ADHD in the Gym

ADHD in the Gym

This week we're going to be jumping - yeah, jumping because we're talking about exercise. I hope you're ready for some Jazzercise - but if that's not your groove I've got some other options for you as well. Somewhere in our heads, we all know that exercising more is something we "should" do, but it feels like the easiest thing in the world to put off. I mean just because when I look out my window and I can see it's raining doesn't mean I need to stay on my couch right now.

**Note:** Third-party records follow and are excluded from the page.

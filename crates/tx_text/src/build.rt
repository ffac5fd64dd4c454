// Texts made of other texts. Each call is given how many characters its result may have, and a longer one is not begun.
ghost use Rattle.std.specs.Prelude.{◌≡◌, ◌≢◌, ℕ, ◌+◌, ◌*◌, ◌≤◌, [], ◌∷◌, ◌++◌, length, replicate, IfOk, OnOk, IfSome, IsTrue, ◌↔◌};
ghost use Rattle.std.specs.Str.{chars};
ghost use Rattle.tx_text.specs.Text.{between, filled, is_sign, joined, pieces, repeated, replaced, zeros_behind};
ghost use Rattle.tx_text.specs.Limits.{UpTo};
ghost use Rattle.tx_text.specs.Laws.{ReplaceLaw, ZerosLaw};

use crate::draft::Draft;
use crate::points::{first_char, text_between};
use crate::search::{first_split, occurrences};
use crate::{Long, NoMemory, PyText, Texts};
use std::alloc::Global;

// Whether the sum of two lengths is within a limit.
fn sum_fits(a: usize, b: usize, most: usize) -> bool
    ensures { IsTrue result ↔ (a + b ≤ most) }
{
    a <= most && b <= most - a
}

// How long a text will be: so many times as many characters as another has, and some besides.
#[derive(Clone, Copy)]
struct Planned {
    times: usize,
    each: usize,
    besides: usize,
}

impl Planned {
    fn is_within(self, most: usize) -> bool
        ensures { IsTrue result ↔ (self.times * self.each + self.besides ≤ most) }
    {
        match self.times.checked_mul(self.each) {
            Some(all) => sum_fits(all, self.besides, most),
            None => false,
        }
    }
}

// Whether the texts with the separator between them are within a limit.
fn joined_fits(sep: &PyText, parts: &[PyText], most: usize) -> bool
    ensures { IsTrue result ↔ (length (joined sep.now parts.now) ≤ most) }
{
    let [first, more @ ..] = parts else {
        return true;
    };
    let gap = sep.len();
    let mut total = first.len();
    if total > most {
        return false;
    }
    'parts: for part in more {
        let len = part.len();
        if !sum_fits(gap, len, most - total) {
            return false;
        }
        total += gap + len;
    }
    true
}

// Whether a text with another in place of each occurrence of a part is within a limit. Where as many occurrences as
// there is room for would fit, they are not counted.
fn replaced_fits(text: &PyText, old: &PyText, new: &PyText, most: usize) -> bool
    requires { old.now ≢ [] }
    ensures { IsTrue result ↔ (length (replaced old.now new.now text.now) ≤ most) }
{
    let (len, part, each) = (text.len(), old.len(), new.len());
    let times = len / part;
    let at_most = Planned {
        times,
        each,
        besides: len,
    };
    if at_most.is_within(most) {
        return true;
    }
    let times = occurrences(text.as_str(), old.as_str());
    let besides = len - times * part;
    Planned {
        times,
        each,
        besides,
    }
    .is_within(most)
}

// One text, then another.
fn pair_of(alloc: Global, a: &str, b: &str) -> Result<PyText, NoMemory>
    ensures { IfOk result (λ t. t ≡ chars a.now ++ chars b.now) }
{
    let mut made = Draft::with_room(alloc, a.len().saturating_add(b.len()))?;
    made.push_str(a)?;
    made.push_str(b)?;
    Ok(made.done())
}

// Adds a text so many times at the end.
fn push_copies(made: &mut Draft, text: &str, times: usize) -> Result<(), NoMemory>
    ensures { OnOk result (made.new ≡ made.old ++ repeated times (chars text.now)) }
{
    'copies: for _ in 0..times {
        made.push_str(text)?;
    }
    Ok(())
}

// A text so many times. The empty one is not added at all, however often.
fn copies_of(alloc: Global, text: &str, times: usize) -> Result<PyText, NoMemory>
    ensures { IfOk result (λ t. t ≡ repeated times (chars text.now)) }
{
    if text.is_empty() {
        return Ok(PyText::new(alloc));
    }
    let mut made = Draft::with_room(alloc, text.len().saturating_mul(times))?;
    push_copies(&mut made, text, times)?;
    Ok(made.done())
}

// How many bytes the texts and a separator for each have, for the room that is taken.
fn room_of(sep: &str, parts: &[PyText]) -> usize {
    let mut room = 0usize;
    for part in parts {
        room = room
            .saturating_add(sep.len())
            .saturating_add(part.as_str().len());
    }
    room
}

// The texts with a separator between them.
fn joined_with(alloc: Global, sep: &str, parts: &[PyText]) -> Result<PyText, NoMemory>
    ensures { IfOk result (λ t. t ≡ joined (chars sep.now) parts.now) }
{
    let [first, more @ ..] = parts else {
        return Ok(PyText::new(alloc));
    };
    let mut made = Draft::with_room(alloc, room_of(sep, parts))?;
    made.push_str(first.as_str())?;
    'parts: for part in more {
        made.push_str(sep)?;
        made.push_str(part.as_str())?;
    }
    Ok(made.done())
}

// Whether a character is a sign, as digits have one in front.
fn is_sign(c: char) -> bool
    ensures { result ≡ is_sign c }
{
    c == '+' || c == '-'
}

// The sign that a text begins with, and what follows it.
fn sign_of(text: &str) -> Option<(char, &str)>
    ensures none { result ≡ None → (n : ℕ) → zeros_behind n (chars text.now) ≡ replicate n 48 ++ chars text.now }
    ensures some { IfSome result (λ p. (n : ℕ) → zeros_behind n (chars text.now) ≡ p.0 ∷ (replicate n 48 ++ chars p.1.now)) }
{
    let (c, behind) = first_char(text)?;
    if is_sign(c) { Some((c, behind)) } else { None }
}

// Sixty-four zeros, which are added in one step.
fn zeros() -> &'static str
    ensures { chars result.now ≡ replicate 64 48 }
{
    "0000000000000000000000000000000000000000000000000000000000000000"
}

// Adds so many zeros at the end.
fn push_zeros(made: &mut Draft, count: usize) -> Result<(), NoMemory>
    ensures { OnOk result (made.new ≡ made.old ++ replicate count 48) }
{
    push_copies(made, zeros(), count / 64)?;
    made.push_str(text_between(zeros(), 64, 0, count % 64))?;
    Ok(())
}

// A text with so many zeros in front, behind its sign.
fn zeros_in(alloc: Global, zeros: usize, text: &str) -> Result<PyText, NoMemory>
    ensures { IfOk result (λ t. t ≡ zeros_behind zeros (chars text.now)) }
{
    let mut made = Draft::with_room(alloc, zeros.saturating_add(text.len()))?;
    match sign_of(text) {
        None => {
            push_zeros(&mut made, zeros)?;
            made.push_str(text)?;
            Ok(made.done())
        }
        Some((sign, behind)) => {
            made.push(sign)?;
            push_zeros(&mut made, zeros)?;
            made.push_str(behind)?;
            Ok(made.done())
        }
    }
}

// A text before each character of another and at its end.
fn with_between(alloc: Global, text: &str, new: &str) -> Result<PyText, NoMemory>
    ensures { IfOk result (λ t. t ≡ between (chars new.now) (chars text.now)) }
{
    let mut made = Draft::with_room(alloc, text.len())?;
    let mut rest = text;
    'characters: while let Some((c, behind)) = first_char(rest) {
        made.push_str(new)?;
        made.push(c)?;
        rest = behind;
    }
    made.push_str(new)?;
    Ok(made.done())
}

// A text with another in place of each occurrence of a part.
fn with_replaced(alloc: Global, text: &str, part: &str, other: &str) -> Result<PyText, NoMemory>
    requires { part.now ≢ [] }
    ensures { IfOk result (λ t. t ≡ joined (chars other.now) (pieces (chars part.now) (chars text.now))) }
{
    // With room for a few short ones more, most texts are not moved as they grow.
    let more = other.len().min(8).saturating_mul(8);
    let room = text.len().saturating_add(more);
    let mut made = Draft::with_room(alloc, room)?;
    let mut rest = text;
    'cuts: while let Some((before, behind)) = first_split(rest, part) {
        made.push_str(before)?;
        made.push_str(other)?;
        rest = behind;
    }
    made.push_str(rest)?;
    Ok(made.done())
}

impl PyText {
    /// `s + b`.
    pub fn concat(&self, b: &PyText, most: usize) -> Result<PyText, Long>
        ensures { UpTo most (self.now ++ b.now) result }
    {
        if !sum_fits(self.len(), b.len(), most) {
            return Err(Long::TooLong);
        }
        Ok(pair_of(self.allocator(), self.as_str(), b.as_str())?)
    }

    /// `s * times`: `"ab"` three times is `"ababab"`. The empty text takes no time, however often.
    pub fn repeat(&self, times: usize, most: usize) -> Result<PyText, Long>
        ensures { UpTo most (repeated times self.now) result }
    {
        let planned = Planned {
            times,
            each: self.len(),
            besides: 0,
        };
        if !planned.is_within(most) {
            return Err(Long::TooLong);
        }
        Ok(copies_of(self.allocator(), self.as_str(), times)?)
    }

    /// `str.join`: `", "` joins `"a"` and `"b"` to `"a, b"`.
    pub fn join(&self, parts: &Texts, most: usize) -> Result<PyText, Long>
        ensures { UpTo most (joined self.now parts.now) result }
    {
        if !joined_fits(self, parts.as_slice(), most) {
            return Err(Long::TooLong);
        }
        Ok(joined_with(self.allocator(), self.as_str(), parts.as_slice())?)
    }

    /// `str.zfill`: `"-7"` at width 4 is `"-007"`. A text that is as wide already stays as it is.
    pub fn zfill(&self, width: usize, most: usize) -> Result<PyText, Long>
        ensures { UpTo most (filled width self.now) result }
    {
        let len = self.len();
        if len > most || width > most {
            return Err(Long::TooLong);
        }
        let zeros = width.saturating_sub(len);
        Ok(zeros_in(self.allocator(), zeros, self.as_str())?)
    }

    /// `str.replace`: `"a"` by `"xy"` in `"banana"` gives `"bxynxynxy"`. The empty text stands before each character and
    /// at the end.
    pub fn replace(&self, old: &PyText, new: &PyText, most: usize) -> Result<PyText, Long>
        ensures { UpTo most (replaced old.now new.now self.now) result }
    {
        if old.len() == 0 {
            return self.replace_empty(new, most);
        }
        if !replaced_fits(self, old, new, most) {
            return Err(Long::TooLong);
        }
        Ok(with_replaced(self.allocator(), self.as_str(), old.as_str(), new.as_str())?)
    }

    // The text with another before each character and at the end.
    fn replace_empty(&self, new: &PyText, most: usize) -> Result<PyText, Long>
        ensures { UpTo most (between new.now self.now) result }
    {
        let (len, step) = (self.len(), new.len());
        let planned = Planned {
            times: len,
            each: step,
            besides: len,
        };
        if step > most || !planned.is_within(most - step) {
            return Err(Long::TooLong);
        }
        Ok(with_between(self.allocator(), self.as_str(), new.as_str())?)
    }
}

/// What replacing makes is the pieces of the text with the new part between them. The empty part cuts before each
/// character and at the end.
pub fn replacing_is_joining()
    ensures { ReplaceLaw }
{}

/// Filling with zeros adds so many characters, behind a sign that stays in front.
pub fn zeros_stand_behind_the_sign()
    ensures { ZerosLaw }
{}
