//! The table of functions: what each built-in function, method and walk of the language gives on values.
#![tactic(auto)]

mod arguments;
mod builtins;
mod case;
mod couples;
mod dictionaries;
mod extremes;
mod fits;
mod joins;
mod laws;
mod limits;
mod methods;
mod ranges;
mod sequences;
mod splits;
mod sums;
mod texts;
mod walks;

pub use builtins::{builtin, builtin_of_one};
pub use laws::{
    extremes_are_first, results_are_valid, wrong_numbers_are_type_errors, zip_stops_at_the_shorter,
};
pub use methods::{has_method, method};
pub use walks::{items_of, iterate};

In today's episode, we're going to be learning some of the reasons exercise is great for our ADHD brain. How we can work on making it easier to fit exercise into our schedules so that we actually do it, some different ways we can get our blood flowing and our hearts beating. And finally a few things we can do to make sure that we are keeping up with our routines.

Find the full show notes at: HackingYourADHD.com/ADHDGym

Today's Top Tips

  1. Exercise is great for our ADHD brains by increasing our levels of the neurotransmitters dopamine and norepinephrine.
  2. You want to try to get in 20-30 minutes of exercise a day, but if you're just starting out make sure that you're easing into it to avoid burning out.
  3. Find a type of exercise that you find fun and switch it up sometimes. A great way to do this is through sports and classes.
  4. Build-in some accountability for your exercise routines to make sure that you keep them going.